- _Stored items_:
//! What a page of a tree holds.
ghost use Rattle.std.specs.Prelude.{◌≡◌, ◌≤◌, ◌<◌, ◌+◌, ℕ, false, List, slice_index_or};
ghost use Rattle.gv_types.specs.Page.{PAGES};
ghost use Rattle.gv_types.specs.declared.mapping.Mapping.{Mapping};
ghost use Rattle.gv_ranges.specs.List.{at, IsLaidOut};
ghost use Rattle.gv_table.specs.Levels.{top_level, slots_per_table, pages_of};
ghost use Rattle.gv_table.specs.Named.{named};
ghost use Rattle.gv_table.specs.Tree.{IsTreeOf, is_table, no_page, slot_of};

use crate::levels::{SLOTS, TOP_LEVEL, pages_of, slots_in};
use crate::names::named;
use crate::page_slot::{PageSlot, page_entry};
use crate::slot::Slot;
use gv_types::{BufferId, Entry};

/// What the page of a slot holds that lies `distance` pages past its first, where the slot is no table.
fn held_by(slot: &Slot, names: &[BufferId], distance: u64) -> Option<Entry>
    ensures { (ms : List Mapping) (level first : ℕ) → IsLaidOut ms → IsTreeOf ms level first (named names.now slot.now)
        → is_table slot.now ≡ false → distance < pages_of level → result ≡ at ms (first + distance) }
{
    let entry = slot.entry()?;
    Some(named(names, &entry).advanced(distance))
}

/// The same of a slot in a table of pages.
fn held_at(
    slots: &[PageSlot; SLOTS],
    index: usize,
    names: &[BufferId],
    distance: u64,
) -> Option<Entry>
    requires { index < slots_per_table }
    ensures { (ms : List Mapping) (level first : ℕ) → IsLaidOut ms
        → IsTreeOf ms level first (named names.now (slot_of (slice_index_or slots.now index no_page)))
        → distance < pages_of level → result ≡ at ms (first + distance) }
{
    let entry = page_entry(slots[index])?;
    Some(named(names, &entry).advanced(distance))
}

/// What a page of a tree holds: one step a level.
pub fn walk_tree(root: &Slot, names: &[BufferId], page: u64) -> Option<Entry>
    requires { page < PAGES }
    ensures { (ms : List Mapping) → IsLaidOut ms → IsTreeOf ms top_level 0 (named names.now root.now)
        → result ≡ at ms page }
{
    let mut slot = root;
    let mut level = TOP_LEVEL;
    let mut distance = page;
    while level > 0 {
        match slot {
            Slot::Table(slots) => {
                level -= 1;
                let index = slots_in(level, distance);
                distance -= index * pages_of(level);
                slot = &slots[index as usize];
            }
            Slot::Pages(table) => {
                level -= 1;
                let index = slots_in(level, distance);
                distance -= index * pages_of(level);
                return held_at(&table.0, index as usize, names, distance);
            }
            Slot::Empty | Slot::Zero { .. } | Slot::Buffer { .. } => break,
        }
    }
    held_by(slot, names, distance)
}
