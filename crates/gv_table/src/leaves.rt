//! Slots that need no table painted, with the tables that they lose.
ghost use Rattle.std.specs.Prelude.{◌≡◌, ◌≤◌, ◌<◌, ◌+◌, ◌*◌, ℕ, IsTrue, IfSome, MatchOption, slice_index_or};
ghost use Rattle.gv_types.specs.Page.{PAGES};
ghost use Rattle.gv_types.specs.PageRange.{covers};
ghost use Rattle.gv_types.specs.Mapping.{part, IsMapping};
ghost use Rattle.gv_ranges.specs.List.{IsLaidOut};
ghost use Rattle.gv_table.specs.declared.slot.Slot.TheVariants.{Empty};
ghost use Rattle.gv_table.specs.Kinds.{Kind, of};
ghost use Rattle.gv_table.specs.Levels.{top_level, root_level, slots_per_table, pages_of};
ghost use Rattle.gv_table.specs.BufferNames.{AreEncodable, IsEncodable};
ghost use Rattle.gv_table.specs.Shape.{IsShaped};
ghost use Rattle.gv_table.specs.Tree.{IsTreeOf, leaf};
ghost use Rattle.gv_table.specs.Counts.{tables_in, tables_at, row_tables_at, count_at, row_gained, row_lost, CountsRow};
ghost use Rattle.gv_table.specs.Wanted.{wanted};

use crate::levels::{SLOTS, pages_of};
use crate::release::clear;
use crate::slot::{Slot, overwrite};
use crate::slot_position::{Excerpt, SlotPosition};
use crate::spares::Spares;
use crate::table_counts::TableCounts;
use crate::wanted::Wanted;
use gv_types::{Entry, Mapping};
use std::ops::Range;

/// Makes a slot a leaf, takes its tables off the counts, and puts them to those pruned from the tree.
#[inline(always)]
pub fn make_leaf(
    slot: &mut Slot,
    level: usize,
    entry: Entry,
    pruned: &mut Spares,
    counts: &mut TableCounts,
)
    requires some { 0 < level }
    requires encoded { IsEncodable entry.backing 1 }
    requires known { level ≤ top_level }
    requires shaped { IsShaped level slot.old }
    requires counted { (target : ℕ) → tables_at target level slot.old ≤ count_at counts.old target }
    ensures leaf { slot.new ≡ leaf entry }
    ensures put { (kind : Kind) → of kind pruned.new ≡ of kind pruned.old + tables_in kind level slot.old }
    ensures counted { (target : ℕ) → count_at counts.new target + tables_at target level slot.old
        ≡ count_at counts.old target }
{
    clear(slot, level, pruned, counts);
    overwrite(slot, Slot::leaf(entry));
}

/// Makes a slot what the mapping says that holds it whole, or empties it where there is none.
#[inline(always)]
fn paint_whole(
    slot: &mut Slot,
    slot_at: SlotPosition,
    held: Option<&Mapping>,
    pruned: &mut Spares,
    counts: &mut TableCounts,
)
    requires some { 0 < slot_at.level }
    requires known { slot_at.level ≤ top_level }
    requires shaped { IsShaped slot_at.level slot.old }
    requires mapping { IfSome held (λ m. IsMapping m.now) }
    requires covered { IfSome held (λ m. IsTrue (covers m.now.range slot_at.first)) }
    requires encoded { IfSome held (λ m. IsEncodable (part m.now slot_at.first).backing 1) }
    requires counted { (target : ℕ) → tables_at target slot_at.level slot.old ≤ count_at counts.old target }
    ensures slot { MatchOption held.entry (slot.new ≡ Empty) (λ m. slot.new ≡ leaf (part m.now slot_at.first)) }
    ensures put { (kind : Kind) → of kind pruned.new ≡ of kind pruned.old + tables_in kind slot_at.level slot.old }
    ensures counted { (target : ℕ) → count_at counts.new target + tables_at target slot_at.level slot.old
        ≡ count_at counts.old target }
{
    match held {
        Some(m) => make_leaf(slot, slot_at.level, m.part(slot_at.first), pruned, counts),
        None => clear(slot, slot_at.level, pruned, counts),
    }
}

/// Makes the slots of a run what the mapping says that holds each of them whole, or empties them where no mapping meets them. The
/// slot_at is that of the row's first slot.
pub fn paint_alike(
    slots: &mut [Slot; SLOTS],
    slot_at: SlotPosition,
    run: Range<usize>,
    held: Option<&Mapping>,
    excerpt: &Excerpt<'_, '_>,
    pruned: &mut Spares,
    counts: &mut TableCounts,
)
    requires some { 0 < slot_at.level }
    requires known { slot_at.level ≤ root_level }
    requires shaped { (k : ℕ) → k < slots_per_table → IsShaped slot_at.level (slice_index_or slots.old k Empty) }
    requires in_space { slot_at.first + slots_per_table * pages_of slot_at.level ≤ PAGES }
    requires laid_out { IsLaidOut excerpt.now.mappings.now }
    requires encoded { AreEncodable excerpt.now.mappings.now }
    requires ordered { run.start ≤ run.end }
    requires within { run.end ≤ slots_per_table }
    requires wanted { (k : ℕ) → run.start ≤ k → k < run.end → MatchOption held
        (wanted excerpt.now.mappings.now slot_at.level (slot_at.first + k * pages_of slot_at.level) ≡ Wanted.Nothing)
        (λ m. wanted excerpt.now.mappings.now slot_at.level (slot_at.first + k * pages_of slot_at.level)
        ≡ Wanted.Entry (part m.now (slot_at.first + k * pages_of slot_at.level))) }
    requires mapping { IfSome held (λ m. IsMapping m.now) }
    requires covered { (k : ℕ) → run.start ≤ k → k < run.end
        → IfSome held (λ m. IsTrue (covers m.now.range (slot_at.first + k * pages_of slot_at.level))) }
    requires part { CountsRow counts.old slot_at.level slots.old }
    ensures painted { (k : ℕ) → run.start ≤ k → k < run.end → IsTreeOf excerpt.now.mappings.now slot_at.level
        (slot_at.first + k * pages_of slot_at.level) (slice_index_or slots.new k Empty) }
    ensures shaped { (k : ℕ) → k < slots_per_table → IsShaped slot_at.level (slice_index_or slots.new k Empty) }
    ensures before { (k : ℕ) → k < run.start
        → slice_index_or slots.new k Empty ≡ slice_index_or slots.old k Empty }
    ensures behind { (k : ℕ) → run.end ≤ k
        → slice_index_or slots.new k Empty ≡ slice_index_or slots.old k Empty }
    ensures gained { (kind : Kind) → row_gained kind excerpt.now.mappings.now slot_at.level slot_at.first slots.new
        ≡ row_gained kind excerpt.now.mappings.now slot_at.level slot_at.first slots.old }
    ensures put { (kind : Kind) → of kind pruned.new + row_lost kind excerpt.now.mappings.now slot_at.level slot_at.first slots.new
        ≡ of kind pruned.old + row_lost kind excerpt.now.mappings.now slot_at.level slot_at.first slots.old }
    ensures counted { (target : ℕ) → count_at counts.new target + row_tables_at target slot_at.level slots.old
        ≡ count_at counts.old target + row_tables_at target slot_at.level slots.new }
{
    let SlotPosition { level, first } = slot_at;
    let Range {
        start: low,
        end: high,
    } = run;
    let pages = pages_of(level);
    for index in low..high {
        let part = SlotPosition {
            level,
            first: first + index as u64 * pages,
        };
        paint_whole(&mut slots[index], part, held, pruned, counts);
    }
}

- _Assignment_:
Pick out the lines above that hold the string "false" and show them.

- _Output below_:
ghost use Rattle.std.specs.Prelude.{◌≡◌, ◌≤◌, ◌<◌, ◌+◌, ℕ, false, List, slice_index_or};
        → is_table slot.now ≡ false → distance < pages_of level → result ≡ at ms (first + distance) }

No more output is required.